Canada to Crack Down on Dispensary Ads

Women, minority execs show few gains in U.S. cannabis industry, according to the latest data from the MJBiz Diversity, Inclusion and Equity Report. Get your copy here.

Marketing efforts by Canadian dispensaries that aren’t federally licensed will face more scrutiny after the country’s health agency said it will aggressively monitor cannabis-related advertisements.

Health Minister Rona Ambrose said in a statement that she directed Health Canada to take “a more proactive approach to monitoring illegal advertising of marijuana by non-regulated parties” under the Controlled Drugs and Substances Act. The move is a change from prior enforcement in which Health Canada would act mostly after a complaint.

Only licensed producers are allowed to advertise on a limited basis. The agency will monitor dispensary web sites to identify violations, she said.

Ambrose’s actions are a response to storefronts that are opening in Vancouver after the city decided to regulate dispensaries, which flies in the face of federal law, according to The Canadian Press.
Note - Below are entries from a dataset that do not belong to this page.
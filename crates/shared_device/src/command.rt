//! Commands and scrubs.

ghost use Rattle.control_core.specs.Steps.{MayStep};
ghost use Rattle.shared_device.specs.Passing.{Called, IsOneOf, IsSamePass, Uncalled, pass_actor, pass_calls};
ghost use Rattle.std.specs.Prelude.{◌^◌, ◌<◌, IfOk, OnErr, length};

mod entering;
mod planning;

use crate::command::entering::enter;
use crate::pass::Pass;
use crate::shared::Shared;
use block_shard::journal_core::{Act, Reply};
use dcd_base::NoMemory;
use std::sync::Wait;

impl Shared {
    /// Takes a command or a scrub, and answers its reply. It waits for the turn of the control, and then for those of the
    /// shards that it changes, in rising order. Without memory nothing has changed.
    pub fn command<R: Wait>(
        &self,
        rt: &R,
        pass: &mut Pass,
        line: u32,
        act: &Act,
    ) -> Result<Reply, NoMemory>
        requires of { IsOneOf self.now pass.old }
        requires may { MayStep self.now.config (pass_actor pass.old) act.now }
        requires room { length (pass_calls pass.old) < 2 ^ 32 }
        ensures same { IsSamePass self.now pass.old pass.new }
        ensures called { IfOk result (λ reply. Called line act.now reply pass.old pass.new) }
        ensures kept { OnErr result (Uncalled pass.old pass.new) }
    {
        let act = act.copy()?;
        let (reply, stamp) = enter(rt, &self.cells, &mut pass.seat, line, pass.actor, act)?;
        pass.seen = stamp;
        pass.calls += 1;
        Ok(reply)
    }
}
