//! Requests in bytes.

ghost use Rattle.cci_codec.specs.Messages.{DecodesMessage, FillsMessage, IsDecoded, IsFaultOf, ReadsRequest, request_bytes, length_field};
ghost use Rattle.cci_codec.specs.declared.messages.Request.{Request};
ghost use Rattle.std.specs.Prelude.{IfOk, ◌≡◌, ◌+◌, ◌++◌, ◌<◌, ◌≤◌, ◌^◌, [], length, take, OnOk, OnErr};

use crate::faults::MessageFault;
use crate::headers::put_head;
use crate::messages::Request;
use crate::payloads::Payload;
use dcd_base::{Bytes, NoMemory, put_bytes, u16_at, zeros};
use std::alloc::Global;

/// The payload length that a header says, whatever the bits above its 21 bits are.
fn length_of(bytes: &[u8]) -> u32
    requires { 12 ≤ length bytes.now }
    ensures { result ≡ length_field bytes.now }
{
    u32::from(u16_at(bytes, 5)) + 0x1_0000 * u32::from(bytes[7] & 0x1F)
}

/// That the bytes are a request, or why not.
#[inline(always)]
fn sound(bytes: &[u8]) -> Result<(), MessageFault>
    ensures { IsFaultOf bytes.now result }
{
    if bytes.len() < 12 {
        return Err(MessageFault::Short(bytes.len() as u64));
    }
    let category = bytes[0] & 0x0F;
    if category != 0 {
        return Err(MessageFault::NotRequest(category));
    }
    let field = length_of(bytes);
    let rest = bytes.len() as u64 - 12;
    if u64::from(field) != rest {
        return Err(MessageFault::LengthDiffers { field, rest });
    }
    Ok(())
}

/// Reads a request from all of the bytes (CXL 3.1, 7.6.3).
///
/// Of the header it reads the category, the tag, the opcode and the 21 bits of the payload length; all other
/// bits and bytes are ignored. Each fault of `MessageFault` comes exactly in its place, and `NoMemory` only
/// where the bytes are a request.
pub fn decode(alloc: Global, bytes: &[u8]) -> Result<Request, MessageFault>
    ensures cases { DecodesMessage bytes.now result }
    ensures reads { IfOk result (λ request. ReadsRequest bytes.now request) }
    ensures only { (request : Request) → ReadsRequest bytes.now request → IsDecoded request result }
{
    sound(bytes)?;
    let (header, payload) = bytes.split_at(12);
    Ok(Request {
        tag: header[1],
        opcode: u16_at(header, 3),
        payload: Payload::from_slice(alloc, payload)?,
    })
}

impl Request {
    /// A command with no payload, to be filled.
    pub fn empty() -> Request
        ensures { result ≡ record { tag = 0; opcode = 0; payload = [] } }
    {
        Request {
            tag: 0,
            opcode: 0,
            payload: Payload::empty(),
        }
    }

    /// Makes it the request that the first `size` of these bytes are, as `decode` reads it, in the memory that it has.
    ///
    /// At a fault the request may be any.
    #[inline(always)]
    pub fn fill(&mut self, alloc: Global, bytes: &[u8], size: usize) -> Result<(), MessageFault>
        requires { size ≤ length bytes.now }
        ensures { FillsMessage (take size bytes.now) self.new result }
    {
        let (message, _) = bytes.split_at(size);
        sound(message)?;
        let (_, payload) = bytes.split_at(12);
        self.tag = message[1];
        self.opcode = u16_at(message, 3);
        self.payload.fill(alloc, payload, size - 12)?;
        Ok(())
    }
}

/// Fills the bytes of a request: its header, then its payload.
fn fill_request(out: &mut [u8], request: &Request)
    requires short { length request.now.payload < 2 ^ 21 }
    requires whole { length out.old ≡ 12 + length request.now.payload }
    ensures { out.new ≡ request_bytes request.now }
{
    let payload = request.payload.as_slice();
    put_head(out, 0, request.tag, request.opcode, 0, payload.len() as u32);
    put_bytes(out, 12, payload);
}

/// Appends the one spelling of a request, whose payload has at most 2,097,151 bytes (CXL 3.1, 7.6.3).
///
/// Reserved and ignored bits are 0. At `NoMemory` `out` is as it was.
pub fn encode_request(request: &Request, out: &mut Bytes) -> Result<(), NoMemory>
    requires { length request.now.payload < 2 ^ 21 }
    ensures appended { OnOk result (out.new ≡ out.old ++ request_bytes request.now) }
    ensures kept { OnErr result (out.new ≡ out.old) }
{
    let mut message = zeros(out.allocator(), 12 + request.payload.as_slice().len())?;
    fill_request(&mut message, request);
    out.append(Bytes::from_vec(out.allocator(), message))
}
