//! Where the bytes of a payload lie.

use crate::counted::Counted;
use dcd_base::Bytes;
use std::alloc::Global;

/// Where the bytes of a payload lie.
#[derive(Debug, Drop)]
pub enum Held {
    /// In the value, 14 at most.
    Inline(Counted<14>),
    /// In one block on the heap, 72 at most.
    Block(Global, Box<Counted<72>>),
    /// On the heap.
    Apart(Box<Bytes>),
}
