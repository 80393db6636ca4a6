//! Passes.

ghost use lib.ListN.{get_elem?};
ghost use mathlib.Core.Option.{some};
ghost use Rattle.block_shard.specs.ruled_cells.specs.Seats.{NoTurns, seat_view};
ghost use Rattle.std.specs.Prelude.{◌≡◌, None, length};

use crate::cells::{ControlCell, ShardCell};
use block_shard::ruled_cells::Seat;
use dcd_base::{Actor, Stamp};

/// One activity of an actor at a shared device. Between two calls it has no turn.
#[derive(Drop)]
pub struct Pass {
    pub(crate) seat: Seat<ControlCell, ShardCell>,
    pub(crate) actor: Actor,
    pub(crate) seen: Stamp,
    pub(crate) calls: u64,
    ghost resting: { NoTurns seat },
    ghost idle: { (seat_view seat).entry ≡ None },
    ghost seen_is: { (seat_view seat).seen ≡ seen },
    ghost counted: { length (seat_view seat).calls ≡ calls },
    ghost acts: { get_elem? (seat_view seat).about.actors seat.number ≡ some actor },
}

impl Pass {
    /// Its number among the passes of its device, from 0.
    pub fn number(&self) -> u32
        ensures { result ≡ self.now.seat.number }
    {
        self.seat.number()
    }

    /// Who acts by it.
    pub fn actor(&self) -> Actor
        ensures { result ≡ self.now.actor }
    {
        self.actor
    }

    /// The stamp of its last call, (0, 0) at first.
    pub fn seen(&self) -> Stamp
        ensures { result ≡ self.now.seen }
    {
        self.seen
    }

    /// How many calls it has made.
    pub fn calls(&self) -> u64
        ensures { result ≡ length (seat_view self.now.seat).calls }
    {
        self.calls
    }
}
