//! The cells of a fresh device, and their seats.

ghost use lib.ListN.{get_elem?};
ghost use mathlib.Core.Option.{some};
ghost use Rattle.block_shard.specs.ruled_cells.specs.Calls.{AreNew, opened_with, row_of, seats_of};
ghost use Rattle.block_shard.specs.shard_laws.specs.Changing.{IsFreshStripe};
ghost use Rattle.block_shard.specs.shard_laws.specs.Right.{IsRight};
ghost use Rattle.block_shard.specs.shard_laws.specs.Stripes.{Stripe};
ghost use Rattle.std.specs.Prelude.{◌≡◌, ◌^◌, ◌<◌, [], IfOk, length};

use crate::cells::{Commands, ControlCell, ShardCell};
use block_shard::Shard;
use block_shard::ruled_cells::{Cells, Seat};
use control_core::Control;
use dcd_base::{Actor, NoMemory, Seq};
use region_config::Config;
use std::alloc::Global;

/// How many shards a device has.
const SHARDS: u32 = 16;

/// Fresh cells of this configuration, with a seat for each actor.
pub(crate) fn fresh_cells(
    alloc: Global,
    config: &Config,
    actors: &Seq<Actor>,
) -> Result<
    (
        Cells<ControlCell, ShardCell>,
        Vec<Seat<ControlCell, ShardCell>>,
    ),
    NoMemory,
>
    requires count { (0 < length actors.now) × (length actors.now < 2 ^ 32) }
    ensures config { IfOk result (λ made. (opened_with made.0).config ≡ config.now) }
    ensures actors { IfOk result (λ made. (opened_with made.0).actors ≡ actors.now) }
    ensures row { IfOk result (λ made. row_of made.0 ≡ 16) }
    ensures seats { IfOk result (λ made. seats_of made.0 ≡ length actors.now) }
    ensures count { IfOk result (λ made. length made.1.items ≡ length actors.now) }
    ensures new { IfOk result (λ made. AreNew made.0 (record { config = config.now; actors = actors.now }) made.1.items) }
{
    let seats = actors.len() as u32;
    let row = fresh_shards(alloc, config)?;
    let commands = fresh_commands(alloc, config, actors)?;
    match Cells::make(alloc, commands, row, seats) {
        Ok(made) => Ok(made),
        Err(_) => Err(NoMemory),
    }
}

/// A fresh control, and these actors.
fn fresh_commands(
    alloc: Global,
    config: &Config,
    actors: &Seq<Actor>,
) -> Result<ControlCell, NoMemory>
    ensures config { IfOk result (λ cell. cell.config ≡ config.now) }
    ensures entries { IfOk result (λ cell. cell.entries ≡ []) }
    ensures actors { IfOk result (λ cell. cell.actors ≡ actors.now) }
{
    let actors = actors.copy()?;
    let control = Control::new(alloc, config.copy()?)?;
    Ok(ControlCell {
        commands: Box::new(alloc, Commands { control, actors })?,
    })
}

/// The fresh shards, in the order of their indices.
fn fresh_shards(alloc: Global, config: &Config) -> Result<Vec<ShardCell>, NoMemory>
    ensures count { IfOk result (λ row. length row.items ≡ 16) }
    ensures each { IfOk result (λ row. (k : _) (x : Stripe) → get_elem? row.items k ≡ some x → IsFreshStripe config.now k x × IsRight k x []) }
{
    let mut row = Vec::new(alloc);
    for index in 0..SHARDS {
        row.push(fresh_shard(alloc, index, config)?)?;
    }
    Ok(row)
}

fn fresh_shard(alloc: Global, index: u32, config: &Config) -> Result<ShardCell, NoMemory>
    requires { index < 16 }
    ensures { IfOk result (λ cell. IsFreshStripe config.now index cell × IsRight index cell []) }
{
    let shard = Shard::new(alloc, index, config)?;
    Ok(ShardCell {
        shard: Box::new(alloc, shard)?,
    })
}
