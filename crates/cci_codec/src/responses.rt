//! The headers of responses in bytes.

ghost use Rattle.cci_codec.specs.Messages.{response_head_fields};
ghost use Rattle.dcd_base.specs.Layouts.{spelling};
ghost use Rattle.std.specs.Prelude.{◌≡◌, ◌<◌, ◌^◌};

use crate::headers::put_head;

/// The header of a response before a payload of `length` bytes, at most 2,097,151 (CXL 3.1, 7.6.3).
///
/// `tag` and `opcode` are those of the request. Reserved bits and the vendor status are 0.
pub fn response_head(tag: u8, opcode: u16, code: u16, length: u32) -> [u8; 12]
    requires { length < 2 ^ 21 }
    ensures { result ≡ spelling (response_head_fields tag opcode code length) }
{
    let mut header = [0; 12];
    put_head(&mut header, 1, tag, opcode, code, length);
    header
}
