//! The device that several threads use at once.
//!
//! Nothing is promised of waiting. A turn that is given back goes to whoever asks first. So a lane that loads and stores in
//! one shard without a pause can hold up a command that changes that shard, and with it all other commands.
#![tactic(auto)]

mod access;
mod actors;
mod cells;
mod close;
mod command;
mod faults;
mod lending;
mod making;
mod moment;
mod pass;
mod shared;
mod start;
mod target;
mod tries;

pub use block_shard;
pub use block_shard::ruled_cells;
pub use control_core;
pub use control_core::device_rules;
pub use faults::TryFault;
pub use lending::lend_journal;
pub use moment::Moment;
pub use pass::Pass;
pub use shared::Shared;
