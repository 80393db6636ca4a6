//! The first bytes of an array.

ghost use Rattle.std.specs.Prelude.{◌≡◌, ◌<◌, ◌≤◌, [], length, take};

use std::marker::Model;

/// So many of the first bytes of an array, which has at most 255.
///
/// Contracts see the bytes.
#[derive(Debug, Drop)]
pub struct Counted<const N: usize> {
    count: u8,
    all: [u8; N],
}

impl<const N: usize> Model for Counted<N> {
    ghost use Rattle.std.specs.Prelude.{◌≤◌, List, ℕ, length, take};

    ghost Value = { List ℕ };

    ghost view = { λ b. take b.count b.all };

    ghost invariant = { λ b. b.count ≤ length b.all };
}

impl<const N: usize> Counted<N> {
    /// These bytes.
    pub(crate) fn of(bytes: &[u8]) -> Counted<N>
        requires room { length bytes.now ≤ N }
        requires few { N < 256 }
        ensures { result ≡ bytes.now }
    {
        let mut all = [0u8; N];
        let (front, _) = all.split_at_mut(bytes.len());
        front.copy_from_slice(bytes);
        Counted {
            count: bytes.len() as u8,
            all,
        }
    }

    /// No bytes.
    pub(crate) fn none() -> Counted<N>
        ensures { result ≡ [] }
    {
        Counted {
            count: 0,
            all: [0u8; N],
        }
    }

    /// The bytes.
    pub(crate) fn as_slice(&self) -> &[u8]
        ensures { result.now ≡ self.now }
    {
        let (front, _) = self.all.split_at(usize::from(self.count));
        front
    }

    /// Equal ones.
    pub(crate) fn copy(&self) -> Counted<N>
        ensures { result ≡ self.now }
    {
        Counted {
            count: self.count,
            all: self.all,
        }
    }

    /// Makes them the first `count` of these bytes.
    #[inline(always)]
    pub(crate) fn fill(&mut self, bytes: &[u8], count: usize)
        requires room { count ≤ N }
        requires few { N < 256 }
        requires within { count ≤ length bytes.now }
        ensures { self.new ≡ take count bytes.now }
    {
        fill_front(&mut self.all, bytes, count);
        self.count = count as u8;
    }
}

/// Makes the front of the array the first `count` of these bytes. Where there are enough of them it copies as many as the
/// array has room for, which takes no count.
#[inline(always)]
fn fill_front<const N: usize>(all: &mut [u8; N], bytes: &[u8], count: usize)
    requires room { count ≤ N }
    requires within { count ≤ length bytes.now }
    ensures { take count all.new ≡ take count bytes.now }
{
    if bytes.len() >= N {
        let (front, _) = bytes.split_at(N);
        all.copy_from_slice(front);
    } else {
        let (front, _) = bytes.split_at(count);
        let (place, _) = all.split_at_mut(count);
        place.copy_from_slice(front);
    }
}
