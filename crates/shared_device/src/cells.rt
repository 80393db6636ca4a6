//! What the cells of the device hold. Both are boxes: a turn moves the value out of its slot and into it, and that is a word.

ghost use Rattle.dcd_base.specs.declared.steps.Actor.TheVariants.{Host};
ghost use Rattle.block_shard.specs.journal_core.specs.Accesses.{access_entry};
ghost use Rattle.block_shard.specs.journal_core.specs.Entries.{is_control};
ghost use Rattle.media_map.specs.Places.{locate};
ghost use Rattle.block_shard.specs.shard_laws.specs.Accessing.{AddsAccess, IsAccess};
ghost use Rattle.block_shard.specs.shard_laws.specs.Belonging.{asked_at, shard_at};
ghost use Rattle.block_shard.specs.shard_laws.specs.Clocks.{IsNextStamp};
ghost use Rattle.std.specs.Prelude.{◌≡◌, ◌+◌, ◌<◌, ◌^◌, IfOk, OnErr, OnOk, false};

use block_shard::Shard;
use block_shard::journal_core::{Act, Reply};
use block_shard::ruled_cells::{Chief, Member};
use control_core::Control;
use dcd_base::{AccessFault, Actor, HostId, NoMemory, Place, Seq, Stamp};
use std::marker::Model;

/// The control, and the actor of each pass.
#[derive(Drop)]
pub(crate) struct Commands {
    pub(crate) control: Control,
    pub(crate) actors: Seq<Actor>,
}

/// The first cell.
#[derive(Drop)]
pub struct ControlCell {
    pub(crate) commands: Box<Commands>,
}

impl Model for ControlCell {
    ghost use Rattle.shared_device.specs.Commanding.{Commanding};

    ghost Value = { Commanding };

    ghost view = { λ c. record {
      config = c.commands.value.control.config;
      entries = c.commands.value.control.entries;
      spare = c.commands.value.control.spare;
      actors = c.commands.value.actors;
    } };
}

impl Chief for ControlCell {
    ghost use Rattle.shared_device.specs.Commanding.{commanding_reads};

    ghost reads = { commanding_reads };

    fn count(&self) -> u64 {
        self.commands.as_ref().control.entries().len() as u64
    }
}

/// A cell of the row: a shard.
#[derive(Drop)]
pub struct ShardCell {
    pub(crate) shard: Box<Shard>,
}

impl Model for ShardCell {
    ghost use Rattle.block_shard.specs.shard_laws.specs.Stripes.{Stripe};

    ghost Value = { Stripe };

    ghost view = { λ s. s.shard.value };
}

impl ShardCell {
    /// A load or a store at the shard, as `Shard::access`.
    pub(crate) fn access(
        &mut self,
        seen: Stamp,
        pass: u32,
        line: u32,
        host: HostId,
        act: &Act,
        at: Result<Place, AccessFault>,
    ) -> Result<(Reply, Stamp), NoMemory>
        requires act { is_control act.now ≡ false }
        requires host { host < self.old.config.hosts }
        requires at { at ≡ locate self.old.config host (asked_at act.now) }
        requires seen { seen.count + 1 < 2 ^ 64 }
        requires clock { self.old.clock.count + 1 < 2 ^ 64 }
        ensures next { OnOk result (IsNextStamp seen self.old.clock self.new.clock) }
        ensures entered { IfOk result
            (λ done. AddsAccess self.old self.new (access_entry pass line host act.now done.0 done.1)) }
        ensures cells { IfOk result (λ done. IsAccess (shard_at at) pass (Host host) self.old self.new) }
        ensures kept { OnErr result (self.new ≡ self.old) }
    {
        self.shard.as_mut().access(seen, pass, line, host, act, at)
    }
}

impl Member for ShardCell {
    ghost use Rattle.block_shard.specs.shard_laws.specs.Right.{stripe_reads};
    ghost use Rattle.block_shard.specs.shard_laws.proofs.AccessSteps.{stripe_keeps};
    ghost use Rattle.block_shard.specs.shard_laws.proofs.CommandSteps.{stripe_makes, stripe_stays};
    ghost use Rattle.block_shard.specs.shard_laws.proofs.Members.{stripe_changes, stripe_enters};

    ghost reads = { stripe_reads };

    ghost enters = { stripe_enters };

    ghost changes = { stripe_changes };

    ghost stays = { stripe_stays };

    ghost keeps = { stripe_keeps };

    ghost makes = { stripe_makes };
}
“The law is quite clear that dispensaries, whether they are online or a store-front, are illegal and they should not be allowed to advertise these illegal services,” Ambrose said in the statement.

MMJ in Canada is federally legal, but only licensed companies are allowed to produce, process and sell cannabis, which must be mailed. The city of Vancouver, however, decided in June to allow dispensaries despite federal regulations.

A Vancouver radio station received a letter from Health Canada in early June, telling it to refrain from advertising marijuana, and that it should not “encourage Canadians to participate in illegal activities” that put listeners at risk of prosecution.